The challenge is steep. Citi was once a leader in private equity but because of regulation and wider problems at the bank, it grew reluctant to make the loans those clients expect. It lost the confidence of buyout firms and stumbled in the league tables, where competition remains stiff.

UBS and Jefferies are both trying a similar approach to strengthen their dealmakers by counting on private-equity firms, pitting them directly in competition with Citi. And Wall Street’s established players, from JPMorgan and Bank of America to Goldman Sachs, aren’t backing down, either.

Raghavan says his meetings with clients have given him confidence they want to work with Citi and are even rooting for more big lenders. But he acknowledges Citi will have to back up its words by taking more lending risks and “Show, don’t tell" before he succeeds.

The top payers on Wall Street

Citi, and most of its rivals, covet private-equity firms because their frequent dealmaking creates huge fees.

In many years, private-equity deals account for 40% or more of the total volume of mergers and acquisitions, said Devin Ryan, an analyst with Citizens JMP Securities. “Sponsors are the top payers to the Street, and that’s only accelerated in the last decade," Ryan said.

That volume is expected to pick up.
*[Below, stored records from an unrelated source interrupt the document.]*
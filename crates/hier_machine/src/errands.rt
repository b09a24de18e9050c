// Work on the layers below the first level.
ghost use Rattle.std.specs.Prelude.{◌≡◌, IfErr, IsOk, OnOk};
ghost use Rattle.hier_types.specs.Settings.{AreWithinRules};
ghost use Rattle.page_store.specs.Store.{fresh};
ghost use Rattle.recency.specs.Levels.{KeepsUnder};
ghost use Rattle.hier_machine.specs.Memory.{store_of};
ghost use Rattle.hier_machine.specs.Placed.{NoRoomFor, PlacedUpTo};
ghost use Rattle.hier_machine.specs.Start.{asked_sizing, start_memory};

use crate::opening::place_image;
use elf_image::Image;
use hier_types::{Errand, Layer, NoSpace, Settings};
use l1_cache::L1;
use l2_cache::L2;
use page_store::Pages;

/// An errand to the layer under a second level.
#[derive(Drop)]
pub struct Through<E> {
    pub errand: E,
}

impl<B: Layer, E: Errand<B>> Errand<L2<B>> for Through<E> {
    ghost may_go = { λ d s. E.may_go d.errand s.below × ((after : E) (below : B) → E.did_go d.errand s.below after below → KeepsUnder s.sets (B.content s.below) (B.content below)) };

    ghost did_go = { λ d s e t. E.did_go d.errand s.below e.errand t.below × (t ≡ record s { below = t.below }) };

    fn go(&mut self, below: &mut L2<B>) {
        below.below_do(&mut self.errand);
    }
}

/// Places the pages of an image.
#[derive(Drop)]
pub struct Placing<'a> {
    image: &'a Image,
    pages: u32,
    answer: Result<(), NoSpace>,
}

impl Errand<Pages> for Placing<'_> {
    ghost use Rattle.hier_machine.specs.Placed.{AwaitsImage, PlacesImage};

    ghost may_go = { λ p s. AwaitsImage p.image.now p.pages s };

    ghost did_go = { λ p s q t. PlacesImage p.image.now p.pages s q.answer t };

    fn go(&mut self, below: &mut Pages) {
        self.answer = place_image(below, self.image, self.pages);
    }
}

/// Places the pages of an image that are not zero, in rising order, up to one that finds no room. No level keeps a line.
pub fn place_under(
    memory: &mut L1<L2<Pages>>,
    settings: &Settings,
    image: &Image,
) -> Result<(), NoSpace>
    requires same { image.now.span ≡ settings.now.geometry }
    requires rules { AreWithinRules settings.now }
    requires empty { memory.old ≡ start_memory settings.now (fresh (asked_sizing settings.now) settings.now.geometry.pages) }
    ensures memory { memory.new ≡ start_memory settings.now (store_of memory.new) }
    ensures ok { OnOk result (PlacedUpTo image.now (asked_sizing settings.now) settings.now.geometry.pages (store_of memory.new)) }
    ensures err { IfErr result (NoRoomFor image.now (asked_sizing settings.now)) }
{
    let placing = Placing {
        image,
        pages: settings.geometry.pages,
        answer: Ok(()),
    };
    let mut errand = Through { errand: placing };
    memory.below_do(&mut errand);
    errand.errand.answer
}

/// Writes the changed lines of the second level down to the pages.
#[derive(Drop)]
pub struct FlushSecond {
    pub answer: Result<(), NoSpace>,
}

impl FlushSecond {
    /// The errand before it is done.
    pub fn new() -> Self
        ensures { IsOk result.answer }
    {
        FlushSecond { answer: Ok(()) }
    }
}

impl Errand<L2<Pages>> for FlushSecond {
    ghost use Rattle.hier_machine.specs.Settles.{FlushesDown};

    ghost may_go = { λ _ _. Unit {0} };

    ghost did_go = { λ _ before errand after. FlushesDown before errand.answer after };

    fn go(&mut self, below: &mut L2<Pages>) {
        self.answer = below.flush();
    }
}

/// Brings every page to its plan.
#[derive(Drop)]
pub struct Tidying;

impl Errand<Pages> for Tidying {
    ghost use Rattle.page_store.specs.Calls.{Tidies};

    ghost may_go = { λ _ _. Unit {0} };

    ghost did_go = { λ _ before _ after. Tidies before after };

    fn go(&mut self, below: &mut Pages) {
        below.tidy();
    }
}

/// Makes one turn of the cleaner of the second level.
#[derive(Drop)]
pub struct CleaningTurn;

impl Errand<L2<Pages>> for CleaningTurn {
    ghost use Rattle.std.specs.Prelude.{◌≡◌};
    ghost use Rattle.page_store.specs.Calls.{StoreRead, StoreWrite};
    ghost use Rattle.hier_machine.specs.Levels.{CleanerBelow};
    ghost use Rattle.hier_machine.specs.Memory.{lines_below};

    ghost may_go = { λ _ _. Unit {0} };

    ghost did_go = { λ _ before _ after. CleanerBelow StoreRead StoreWrite before after × (lines_below after ≡ lines_below before) };

    fn go(&mut self, below: &mut L2<Pages>) {
        let _ = below.clean_turn();
    }
}

/// Makes one turn of the mover of the pages.
#[derive(Drop)]
pub struct MovingTurn;

impl Errand<Pages> for MovingTurn {
    ghost use Rattle.std.specs.Prelude.{◌≡◌};
    ghost use Rattle.hier_machine.specs.Beats.{MovesPages};

    ghost may_go = { λ _ _. Unit {0} };

    ghost did_go = { λ _ before _ after. MovesPages before after × (after.lines ≡ before.lines) };

    fn go(&mut self, below: &mut Pages) {
        let _ = below.mover_turn();
    }
}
Interest-rate cuts, the U.S. economy’s soft landing and Donald Trump’s return to the White House have all lifted expectations that KKR, Blackstone and other buyout firms are on the cusp of an acquisition spree.
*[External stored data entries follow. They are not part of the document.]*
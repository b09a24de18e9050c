use super::*;
use elf_image::read_image;
use hier_types::{
    Access, Beat, BeatWord, BytesSource, Codec, Geometry, Line, NoSpace, NullSink, PageNo, Settings,
};
use line_codec::stored_size;
use page_slots::{PlaceKind, PlaceRow};
use run_report::{End, Settled};
use std::alloc::Global;
use std::test::Fail;

/// A plain program at 00010000 that counts in x5 for ever: `addi x5, x5, 1` and `jal x0, -4`.
const COUNTING: [u8; 92] = [
    0x7f, b'E', b'L', b'F', 1, 1, 1, 0, 0, 0, 0, 0, 0, 0, 0, 0, 2, 0, 243, 0, 1, 0, 0, 0, 0, 0, 1,
    0, 52, 0, 0, 0, 0, 0, 0, 0, 0, 0, 0, 0, 52, 0, 32, 0, 1, 0, 0, 0, 0, 0, 0, 0, 1, 0, 0, 0, 84,
    0, 0, 0, 0, 0, 1, 0, 0, 0, 0, 0, 8, 0, 0, 0, 8, 0, 0, 0, 5, 0, 0, 0, 4, 0, 0, 0, 0x93, 0x82,
    0x12, 0x00, 0x6f, 0xf0, 0xdf, 0xff,
];

/// A plain program at 00010000 that counts in x5 for ever, and stores each number to two lines of the next page:
/// `lui x6, 17`, `addi x5, x5, 1`, `sw x5, 0(x6)`, `sw x5, 64(x6)` and `jal x0, -12`.
const STORING: [u8; 104] = [
    0x7f, b'E', b'L', b'F', 1, 1, 1, 0, 0, 0, 0, 0, 0, 0, 0, 0, 2, 0, 243, 0, 1, 0, 0, 0, 0, 0, 1,
    0, 52, 0, 0, 0, 0, 0, 0, 0, 0, 0, 0, 0, 52, 0, 32, 0, 1, 0, 0, 0, 0, 0, 0, 0, 1, 0, 0, 0, 84,
    0, 0, 0, 0, 0, 1, 0, 0, 0, 0, 0, 20, 0, 0, 0, 20, 0, 0, 0, 5, 0, 0, 0, 4, 0, 0, 0, 0x37, 0x13,
    0x01, 0x00, 0x93, 0x82, 0x12, 0x00, 0x23, 0x20, 0x53, 0x00, 0x23, 0x20, 0x53, 0x04, 0x6f, 0xf0,
    0x5f, 0xff,
];

ghost use Rattle.std.specs.Prelude.{◌≡◌, ◌+◌, ◌<◌, ◌≤◌, ◌^◌, false, IfOk};
ghost use Rattle.hier_types.specs.Settings.{AreWithinRules};
ghost use Rattle.rv_core.specs.Accesses.{IsAccess};

/// The default settings, but with these pages, frames, beats and budget.
fn sized(pages: u32, frames: u32, beats: &[Beat], budget: u64) -> Result<Settings, Fail>
    requires some_pages { 1 ≤ pages }
    requires most_pages { pages ≤ 65536 }
    requires some_frames { 1 ≤ frames }
    requires most_frames { frames ≤ 65536 }
    requires budget { budget ≤ 10 ^ 15 }
    ensures rules { IfOk result AreWithinRules }
    ensures pages { IfOk result (λ settings. settings.geometry.pages ≡ pages) }
    ensures base { IfOk result (λ settings. settings.geometry.base ≡ 16) }
{
    Ok(Settings {
        geometry: Geometry { base: 16, pages },
        frames,
        budget,
        beats: BeatWord::new(beats).ok_or("no word")?,
        ..Settings::default()
    })
}

/// The program, opened with these settings.
fn opened(alloc: Global, program: &[u8], settings: &Settings) -> Result<Machine, Fail>
    requires { AreWithinRules settings.now }
    ensures { IfOk result (λ machine. (machine.ended ≡ false) × (machine.guest.retired ≡ 0) × (machine.memory.span.pages ≡ settings.now.geometry.pages)) }
{
    let mut file = Vec::new(alloc);
    file.extend_from_slice(program)?;
    Ok(open_file(alloc, file, settings).ok().ok_or("no machine")?)
}

/// The program that counts, opened with these settings.
fn counting(alloc: Global, settings: &Settings) -> Result<Machine, Fail>
    requires { AreWithinRules settings.now }
    ensures { IfOk result (λ machine. (machine.ended ≡ false) × (machine.guest.retired ≡ 0) × (machine.memory.span.pages ≡ settings.now.geometry.pages)) }
{
    opened(alloc, &COUNTING, settings)
}

#[test]
fn a_machine_begins_with_its_image(rt: HostRuntime) -> Result<(), Fail> {
    let settings = sized(4096, 4096, &[Beat::Hart], 9)?;
    let machine = counting(rt.alloc(), &settings)?;
    assert_eq!(rt; machine.regs().pc, 0x1_0000);
    assert_eq!(rt; machine.regs().x[2], 0x100_ffc0);
    assert_eq!(rt; machine.retired(), 0);
    assert!(rt; !machine.ended());
    let mut page = [7; 4096];
    machine.view_page(PageNo(0), &mut page);
    assert_eq!(rt;
        &page[..10],
        [0x93, 0x82, 0x12, 0x00, 0x6f, 0xf0, 0xdf, 0xff, 0, 0].as_slice()
    );
    machine.view_page(PageNo(4095), &mut page);
    assert_eq!(rt; page, [0; 4096]);
    Ok(())
}

#[test]
fn an_empty_machine_has_zeros(rt: HostRuntime) -> Result<(), Fail> {
    let settings = sized(4, 3, &[Beat::Hart], 9)?;
    let machine = Machine::open_empty(rt.alloc(), &settings)
        .ok()
        .ok_or("no machine")?;
    assert_eq!(rt; machine.retired(), 0);
    assert!(rt; !machine.ended());
    assert_eq!(rt; machine.pages().free(3), 3);
    let mut page = [7; 4096];
    machine.view_page(PageNo(3), &mut page);
    assert_eq!(rt; page, [0; 4096]);
    Ok(())
}

#[test]
fn beats_of_the_hart_alone_retire(rt: HostRuntime) -> Result<(), Fail> {
    let alloc = rt.alloc();
    let settings = sized(4, 4, &[Beat::Hart], 9)?;
    let mut machine = counting(alloc, &settings)?;
    let mut input = BytesSource::new(Vec::new(alloc), Vec::new(alloc));
    assert_eq!(rt; machine.beat(Beat::Mover, &mut input, &mut NullSink), None);
    assert_eq!(rt; machine.retired(), 0);
    assert_eq!(rt;
        machine.beat(Beat::Cleaner, &mut input, &mut NullSink),
        None
    );
    assert_eq!(rt; machine.retired(), 0);
    assert_eq!(rt; machine.beat(Beat::Hart, &mut input, &mut NullSink), None);
    assert_eq!(rt; machine.retired(), 1);
    assert_eq!(rt; machine.regs().pc, 0x1_0004);
    Ok(())
}

#[test]
fn budgets_end_runs_and_words_change_none(rt: HostRuntime) -> Result<(), Fail> {
    let alloc = rt.alloc();
    let words: [&[Beat]; 3] = [
        &[Beat::Hart],
        &[Beat::Mover, Beat::Hart],
        &[Beat::Cleaner, Beat::Hart, Beat::Hart, Beat::Mover],
    ];
    for word in words {
        for (budget, count) in [(0, 0), (1, 1), (2, 1), (3, 2), (1000, 500)] {
            let settings = sized(4, 1, word, budget)?;
            let mut machine = counting(alloc, &settings)?;
            let mut input = BytesSource::new(Vec::new(alloc), Vec::new(alloc));
            assert_eq!(rt; machine.run(&mut input, &mut NullSink), MachineEnd::Budget);
            assert!(rt; machine.ended());
            assert_eq!(rt; machine.retired(), budget);
            assert_eq!(rt; machine.regs().x[5], count, "budget {budget}");
        }
    }
    Ok(())
}

/// What an access gives, or nothing where it is refused.
fn value_of(machine: &mut Machine, asked: &Access) -> Option<u32>
    requires access { IsAccess machine.old.memory.span asked.now }
    requires room { machine.old.guest.retired < 9 }
    ensures span { machine.new.memory.span ≡ machine.old.memory.span }
    ensures retired { machine.new.guest.retired ≤ machine.old.guest.retired + 1 }
{
    machine.beat_access(asked).ok()
}

#[test]
fn accesses_over_zeros_are_counted(rt: HostRuntime) -> Result<(), Fail> {
    let settings = sized(4, 4, &[Beat::Hart], 9)?;
    let mut machine = Machine::open_empty(rt.alloc(), &settings)
        .ok()
        .ok_or("no machine")?;
    let half = Access::Store {
        at: 0x1_1006,
        width: 2,
        value: 0xffff_8283,
    };
    let word = Access::Load {
        at: 0x1_1004,
        width: 4,
    };
    let byte = Access::Load {
        at: 0x1_1007,
        width: 1,
    };
    assert_eq!(rt; value_of(&mut machine, &half), Some(0));
    assert_eq!(rt; value_of(&mut machine, &word), Some(0x8283_0000));
    assert_eq!(rt; value_of(&mut machine, &byte), Some(0x82));
    assert_eq!(rt; machine.retired(), 3);
    Ok(())
}

/// One frame has room for the program's page and not for two pages of noise.
#[test]
fn images_without_room_are_refused(rt: HostRuntime) -> Result<(), Fail> {
    let alloc = rt.alloc();
    let mut file = Vec::new(alloc);
    file.extend_from_slice(&COUNTING[..68])?;
    file.extend_from_slice(&[0, 0x20, 0, 0, 0, 0x20, 0, 0, 5, 0, 0, 0, 4, 0, 0, 0])?;
    let mut noise: u32 = 1;
    for _ in 0..0x2000u32 {
        noise = noise.wrapping_mul(1_664_525).wrapping_add(1_013_904_223);
        file.push((noise >> 24) as u8)?;
    }
    let settings = sized(4, 1, &[Beat::Hart], 9)?;
    let image = read_image(alloc, file, settings.geometry)
        .ok()
        .ok_or("no program")?;
    let refusal = NoSpace {
        page: PageNo(1),
        order: 3,
    };
    assert_eq!(rt;
        Machine::open(alloc, &settings, &image).err(),
        Some(OpenFault::NoRoom(refusal))
    );
    Ok(())
}

#[test]
fn what_was_stored_settles_and_stays(rt: HostRuntime) -> Result<(), Fail> {
    let alloc = rt.alloc();
    let settings = sized(4, 4, &[Beat::Hart], 11)?;
    let mut machine = opened(alloc, &STORING, &settings)?;
    let mut input = BytesSource::new(Vec::new(alloc), Vec::new(alloc));
    assert_eq!(rt; machine.run(&mut input, &mut NullSink), MachineEnd::Budget);
    let mut before = [7; 4096];
    machine.view_page(PageNo(1), &mut before);
    assert_eq!(rt; (before[0], before[64]), (3, 2));
    assert!(rt; machine.settle().is_ok());
    let mut after = [7; 4096];
    machine.view_page(PageNo(1), &mut after);
    assert_eq!(rt; after, before);
    for page in 0..4u32 {
        assert!(rt; page_suits(&machine, PageNo(page)));
    }
    Ok(())
}

/// The place of a line is the one that its stored size asks for: none for a line of zeros in a page without a block, else
/// its slot where that holds it, and else a chunk.
fn suits(line: &Line, row: Option<PlaceRow>) -> bool {
    let Some(row) = row else {
        return *line == [0; 64];
    };
    match stored_size(Codec::Bdi, line) {
        Some(size) if row.kind == PlaceKind::Slot => row.used == size as u16,
        _ => row.kind != PlaceKind::Slot && row.used == 64,
    }
}

/// Each line of a page stands in the memory as it reads in the machine.
fn page_suits(machine: &Machine, page: PageNo) -> bool
    requires { page.0 < machine.now.memory.span.pages }
{
    let mut bytes = [0; 4096];
    machine.view_page(page, &mut bytes);
    for index in 0..64u8 {
        let mut line = [0; 64];
        let at = 64 * index as usize;
        line.copy_from_slice(&bytes[at..at + 64]);
        if !suits(&line, machine.pages().layout_row(page, index + 2)) {
            return false;
        }
    }
    true
}

/// Takes what may go to another thread.
fn take_sendable<T: Send>(_value: &T) {}

#[test]
fn machines_may_go_to_other_threads(rt: HostRuntime) -> Result<(), Fail> {
    let settings = sized(4, 4, &[Beat::Hart], 9)?;
    let machine = counting(rt.alloc(), &settings)?;
    take_sendable(&machine);
    Ok(())
}

#[test]
fn turns_are_those_before_the_used_up_budget(rt: HostRuntime) -> Result<(), Fail> {
    let alloc = rt.alloc();
    let (hart, mover, cleaner) = (Beat::Hart, Beat::Mover, Beat::Cleaner);
    let late: &[Beat] = &[mover, hart];
    let long: &[Beat] = &[hart, mover, mover, mover, cleaner];
    for (word, budget, mover_turns, cleaner_turns) in [
        (late, 0, 0, 0),
        (long, 2, 3, 1),
        (long, 1, 0, 0),
    ] {
        let settings = sized(4, 1, word, budget)?;
        let mut machine = counting(alloc, &settings)?;
        let mut input = BytesSource::new(Vec::new(alloc), Vec::new(alloc));
        let report = machine.run_to_report(&mut input, &mut NullSink);
        assert_eq!(rt; (report.end, report.retired), (End::Budget, budget));
        assert_eq!(rt; report.counts.pages.mover_turns, mover_turns);
        assert_eq!(rt; report.counts.cleaner_turns, cleaner_turns);
        let Settled::Done(totals) = report.settled else {
            return Err("not settled".into());
        };
        assert_eq!(rt; (totals.zero, totals.c512, totals.blocks), (3, 1, 512));
    }
    Ok(())
}

/// The program's page leaves a block of each order but the greatest.
#[test]
fn refusals_are_told_with_what_is_free(rt: HostRuntime) -> Result<(), Fail> {
    let settings = sized(4, 1, &[Beat::Hart], 9)?;
    let machine = counting(rt.alloc(), &settings)?;
    let refusal = NoSpace {
        page: PageNo(1),
        order: 3,
    };
    assert_eq!(rt;
        machine.told(MachineEnd::Space(refusal)),
        End::Space {
            at: 0x1_1000,
            order: 3,
            free: [1, 1, 1, 0]
        }
    );
    Ok(())
}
Meanwhile, private-equity executives are happy to keep the banks competing against each other and say they are open to paying other banks. The more competitors vying for their business, the more deals they will see and the better terms they are likely to receive for financing them.

“It’s certainly better for us and the rest of the industry when the three biggest U.S. banks are more aggressive in leveraged finance," one senior U.S. buyout executive said.

Raghavan said he is aiming to boost Citi’s slice of the investment-banking fee pie above 5% by late 2025, up from about 4.6% today. From there, the bank will target an additional 0.5% to 1% over the next several years, he said.

There are usually about $80 billion in banking fees up for grabs each year, so every half percentage point in market share is worth $400 million in fees.

Starting at a two-decade low

For the plan to work, Raghavan said, Citi’s bankers will need to bring lots of deal ideas and insights to clients. Then the bank needs to be comfortable lending to them.

Last year, Citi ranked seventh in U.S. leveraged loans, the type of debt that fuels private-equity deals. Its market share stood at 3.3%, its lowest in two decades and one place below Truist Financial, a regional bank not typically considered Wall Street, according to data from LSEG. Before the financial crisis, Citi routinely financed more than 10% of U.S. leveraged loans.

Regulatory scrutiny, along with a string of failed restructuring plans, have weighed on Citi’s investment bankers and too often left them unsure whether their bosses would put the bank’s capital to work on deals, current and former Citi executives said. In time, they stopped asking as often.

One private-equity executive said his firm was working with Citi bankers on a potential deal before Raghavan’s arrival only to be told that the bank’s credit department was unwilling to finance the transaction.

“To work with someone who is inconsistent on whether they can get there on financing is a waste of time," he said. “That was one of the challenges we had working with Citi."

‘We’re not like that now’

Raghavan has made a handful of key hires, including Achintya Mangla, his deputy at JPMorgan who joined in September to lead investment-banking financing. Raghavan has kept Kevin Cox as interim head of M&A, leaving the impression that he is looking for another outsider, Citi employees said.

In one early win intended to signal Citi’s intent, the bank signed a new partnership with Apollo Management to create a $25 billion private-credit fund as a home for some of the debt it finances. (Like most banks operating under stiffer capital rules, Citi won’t hold leveraged loans on its balance sheet for long.)

One private-equity executive said he has already seen a more assertive Citi since Raghavan’s arrival.

“The message is ‘we know what we’ve been like before, but we’re not like that now,’" another buyout executive said.